SUPPLIED DATA
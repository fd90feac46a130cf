//! `match`: the graph file is read into a store, and the pattern file, and the embeddings are found and put, pattern by pattern.
ghost use Rattle.std.specs.Prelude.{◌≡◌, ◌≤◌, ◌<◌, ◌+◌, ◌++◌, Some, List, ℕ, Option, length, flat_map, slice_get};
ghost use Rattle.std.specs.Prelude.{IfOk, OnOk, OnErr, IfErr};
ghost use Rattle.std.specs.Io.KnownBytes.{Appends};
ghost use Rattle.flux_outside.specs.Causes.{Rose};
ghost use Rattle.flux_outside.specs.Reads.{Read, NoEmptyPut};
ghost use Rattle.flux_outside.specs.Told.{AppendsFront};
ghost use Rattle.flux_model.specs.Graph.{empty_graph};
ghost use Rattle.flux_model.specs.Limits.{IsFair};
ghost use Rattle.flux_model.specs.Embedding.{embeddings};
ghost use Rattle.flux_model.specs.Pattern.{PatternGraph};
ghost use Rattle.flux_model.specs.Report.{answer_lines, match_text};
ghost use Rattle.flux_model.specs.Verdict.{Match, Done};
ghost use Rattle.watch_cli.specs.AskedByRun.{EndsAtReadFault, AskedByRun};
ghost use Rattle.watch_cli.specs.RunEnds.{RunEndsAs, RunEndsBefore, ReadFails, StatusWhere};
ghost use Rattle.watch_cli.specs.EarlyEnds.{IsEarly, WriteEnds};
ghost use Rattle.watch_cli.specs.ReportProgress.{Wrote};
ghost use Rattle.watch_cli.specs.RunCosts.{starts_cost, RunStaysWithin};
ghost use Rattle.delta_report.specs.Answers.{answer_line, total_line};
ghost use Rattle.pattern_registry.specs.AnswerCosts.{AnswerStaysWithin, MeetNoDeadEnd, no_dead_end_costs};
ghost use Rattle.pattern_registry.specs.States.{trees_over, AreExact};

use crate::report::{LONG, put_report};
use crate::status::{InputFile, Status};
use delta_report::{write_answer, write_total};
use file_reading::{read_patterns, read_store};
use flux_model::{Ledger, Limits, Map, Maps, Patterns, Steps};
use flux_outside::{Shelf, Sink};
use graph_traits::{KeepGraph, ReadGraph};
use pattern_registry::Registry;
use std::alloc::{AllocError, Global};

/// Reads the graph file of this name into an empty store, and the pattern file, and puts all embeddings and how many these are. It
/// reads no updates, whatever is left of them.
pub fn list_answers<F: Shelf, G: KeepGraph + ReadGraph<L>, W: Sink, L: Ledger>(
    alloc: Global,
    limits: &Limits,
    graph_name: &str,
    patterns_name: &str,
    empty: G,
    shelf: &mut F,
    out: &mut W,
    steps: &mut Steps<L>,
) -> Result<(), Status>
    requires fair { IsFair limits.now }
    requires limits { G.limits empty ≡ limits.now }
    requires empty { G.graph empty ≡ empty_graph }
    ensures steps { (left : Option (List ℕ)) → OnOk result (
        RunStaysWithin limits.now (F.files shelf.old) (Some (Match graph_name.now patterns_name.now)) left steps.old steps.new) }
    ensures ok { (left : Option (List ℕ)) → OnOk result (
        RunEndsAs limits.now (F.files shelf.old) (Some (Match graph_name.now patterns_name.now))
        left (W.taken out.old) (W.taken out.new) Done) }
    ensures front { (left : Option (List ℕ)) → RunEndsBefore limits.now (F.files shelf.old) (Some (Match graph_name.now patterns_name.now))
        left (W.taken out.old) (W.taken out.new) }
    ensures status { (left : Option (List ℕ)) (read : ℕ) → IfErr result (StatusWhere
        (RunEndsAs limits.now (F.files shelf.old) (Some (Match graph_name.now patterns_name.now)) left (W.taken out.old) (W.taken out.new))
        (ReadFails limits.now (F.files shelf.old) (Some (Match graph_name.now patterns_name.now))
        (F.faults shelf.old) (F.faults shelf.new) read read left left (W.taken out.old) (W.taken out.new))
        (Rose (W.faults out.old) (W.faults out.new))) }
    ensures early { IfErr result IsEarly }
    ensures asked { (updates : List Read) → AskedByRun limits.now (F.files shelf.old) (Match graph_name.now patterns_name.now)
        (EndsAtReadFault result) (F.reads shelf.old) (F.reads shelf.new) updates updates }
    ensures puts { NoEmptyPut (W.puts out.old) (W.puts out.new) }
{
    let graph = match read_store(alloc, limits, shelf, graph_name, empty) {
        Ok(graph) => graph,
        Err(stop) => return Err(Status::of(InputFile::Graph, stop)),
    };
    let patterns = match read_patterns(alloc, limits, shelf, patterns_name) {
        Ok(patterns) => patterns,
        Err(stop) => return Err(Status::of(InputFile::Patterns, stop)),
    };
    put_answers(alloc, patterns, &graph, out, steps)
}

/// Puts all embeddings of the patterns, and how many these are.
fn put_answers<G: ReadGraph<L>, W: Sink, L: Ledger>(
    alloc: Global,
    patterns: Patterns,
    graph: &G,
    out: &mut W,
    steps: &mut Steps<L>,
) -> Result<(), Status>
    ensures steps { let g = G.graph graph.now in OnOk result (MeetNoDeadEnd patterns (trees_over g patterns)
        → steps.new ≤ steps.old + starts_cost g patterns + no_dead_end_costs g patterns (trees_over g patterns)) }
    ensures ok { OnOk result (Appends (W.taken out.old) (W.taken out.new) (match_text (G.graph graph.now) patterns)) }
    ensures err { OnErr result (AppendsFront (W.taken out.old) (W.taken out.new) (match_text (G.graph graph.now) patterns)) }
    ensures status { IfErr result (WriteEnds (W.faults out.old) (W.faults out.new)) }
    ensures puts { NoEmptyPut (W.puts out.old) (W.puts out.new) }
{
    let Ok(registry) = Registry::start(alloc, patterns, graph, steps) else {
        return Err(Status::Memory);
    };
    put_all(alloc, &registry, graph, out, steps)
}

/// Puts what each pattern of the registry answers, one after another, and at the end how many embeddings these are.
fn put_all<G: ReadGraph<L>, W: Sink, L: Ledger>(
    alloc: Global,
    registry: &Registry,
    graph: &G,
    out: &mut W,
    steps: &mut Steps<L>,
) -> Result<(), Status>
    requires { AreExact registry.now (G.graph graph.now) }
    ensures steps { OnOk result (MeetNoDeadEnd registry.now.patterns registry.now.trees
        → steps.new ≤ steps.old + no_dead_end_costs (G.graph graph.now) registry.now.patterns registry.now.trees) }
    ensures ok { OnOk result (Appends (W.taken out.old) (W.taken out.new) (match_text (G.graph graph.now) registry.now.patterns)) }
    ensures err { OnErr result (AppendsFront (W.taken out.old) (W.taken out.new) (match_text (G.graph graph.now) registry.now.patterns)) }
    ensures status { IfErr result (WriteEnds (W.faults out.old) (W.faults out.new)) }
    ensures puts { NoEmptyPut (W.puts out.old) (W.puts out.new) }
{
    let mut report = Vec::new(alloc);
    // Each pattern counts in 64 bits, and there are fewer patterns than 2^64.
    let mut total: u128 = 0;
    for k in 0..registry.patterns().count() {
        let count = put_pattern(registry, k, graph, &mut report, out, steps)?;
        total += count as u128;
    }
    put_total(total, &mut report, out)
}

/// Adds the embeddings of the pattern at place `k` to the report, and says how many these are. It puts the report as often as it is
/// long, and where memory is refused.
fn put_pattern<G: ReadGraph<L>, W: Sink, L: Ledger>(
    registry: &Registry,
    k: usize,
    graph: &G,
    report: &mut Vec<u8>,
    out: &mut W,
    steps: &mut Steps<L>,
) -> Result<usize, Status>
    requires exact { AreExact registry.now (G.graph graph.now) }
    requires pattern { k < length registry.now.patterns }
    ensures steps { OnOk result (AnswerStaysWithin registry.now k (G.graph graph.now) steps.old steps.new) }
    ensures count { IfOk result (λ count. (q : PatternGraph) → slice_get registry.now.patterns k ≡ Some q
        → count ≡ length (embeddings q (G.graph graph.now))) }
    ensures ok { OnOk result ((q : PatternGraph) → slice_get registry.now.patterns k ≡ Some q
        → Wrote (W.taken out.old) (W.taken out.new) report.old.items report.new.items (answer_lines (G.graph graph.now) q)) }
    ensures err { OnErr result ((q : PatternGraph) → slice_get registry.now.patterns k ≡ Some q
        → AppendsFront (W.taken out.old) (W.taken out.new) (report.old.items ++ answer_lines (G.graph graph.now) q)) }
    ensures later { W.faults out.old ≤ W.faults out.new }
    ensures status { IfErr result (WriteEnds (W.faults out.old) (W.faults out.new)) }
    ensures puts { NoEmptyPut (W.puts out.old) (W.puts out.new) }
{
    let Ok(maps) = sorted_answers(registry, k, graph, steps) else {
        let _ = put_report(report, out);
        return Err(Status::Memory);
    };
    let name = registry.patterns().get(k).name();
    put_maps(name.bytes(), &maps, report, out)?;
    Ok(maps.len())
}

/// The embeddings of the pattern at place `k`, in ascending order.
fn sorted_answers<G: ReadGraph<L>, L: Ledger>(
    registry: &Registry,
    k: usize,
    graph: &G,
    steps: &mut Steps<L>,
) -> Result<Maps, AllocError>
    requires exact { AreExact registry.now (G.graph graph.now) }
    requires pattern { k < length registry.now.patterns }
    ensures steps { OnOk result (AnswerStaysWithin registry.now k (G.graph graph.now) steps.old steps.new) }
    ensures answers { IfOk result (λ maps. (q : PatternGraph) → slice_get registry.now.patterns k ≡ Some q
        → maps ≡ embeddings q (G.graph graph.now)) }
{
    // For the proof: what a store holds is a graph.
    let _ = graph.vertex_count();
    let mut maps = registry.answers_of(k, graph, steps)?;
    maps.sort()?;
    Ok(maps)
}

/// Adds a line for each map to the report, and puts it as often as it is long, and where memory is refused.
fn put_maps<W: Sink>(
    name: &[u8],
    maps: &Maps,
    report: &mut Vec<u8>,
    out: &mut W,
) -> Result<(), Status>
    ensures ok { OnOk result (
        Wrote (W.taken out.old) (W.taken out.new) report.old.items report.new.items (flat_map (answer_line name.now) maps.now)) }
    ensures err { OnErr result (
        AppendsFront (W.taken out.old) (W.taken out.new) (report.old.items ++ flat_map (answer_line name.now) maps.now)) }
    ensures later { W.faults out.old ≤ W.faults out.new }
    ensures status { IfErr result (WriteEnds (W.faults out.old) (W.faults out.new)) }
    ensures puts { NoEmptyPut (W.puts out.old) (W.puts out.new) }
{
    for i in 0..maps.len() {
        put_map(name, maps.get(i), report, out)?;
    }
    Ok(())
}

/// Adds the line of a map to the report, and puts it where it is long. Where memory is refused, what was gathered is put first.
fn put_map<W: Sink>(name: &[u8], map: &Map, report: &mut Vec<u8>, out: &mut W) -> Result<(), Status>
    ensures ok { OnOk result (
        Wrote (W.taken out.old) (W.taken out.new) report.old.items report.new.items (answer_line name.now map.now)) }
    ensures err { OnErr result (
        AppendsFront (W.taken out.old) (W.taken out.new) (report.old.items ++ answer_line name.now map.now)) }
    ensures later { W.faults out.old ≤ W.faults out.new }
    ensures status { IfErr result (WriteEnds (W.faults out.old) (W.faults out.new)) }
    ensures puts { NoEmptyPut (W.puts out.old) (W.puts out.new) }
{
    let Ok(()) = write_answer(name, map, report) else {
        let _ = put_report(report, out);
        return Err(Status::Memory);
    };
    if report.len() < LONG {
        return Ok(());
    }
    put_report(report, out)
}

/// Puts the report with the last line behind it. Where memory is refused, what was gathered is put first.
fn put_total<W: Sink>(total: u128, report: &mut Vec<u8>, out: &mut W) -> Result<(), Status>
    ensures ok { OnOk result (Appends (W.taken out.old) (W.taken out.new) (report.old.items ++ total_line total)) }
    ensures err { OnErr result (AppendsFront (W.taken out.old) (W.taken out.new) (report.old.items ++ total_line total)) }
    ensures status { IfErr result (WriteEnds (W.faults out.old) (W.faults out.new)) }
    ensures puts { NoEmptyPut (W.puts out.old) (W.puts out.new) }
{
    let Ok(()) = write_total(total, report) else {
        let _ = put_report(report, out);
        return Err(Status::Memory);
    };
    put_report(report, out)
}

WHAT YOU HAVE TO DO
In the listing above, how many lines include the string "OnErr"? Reply with the number alone.

ANSWER BOX
7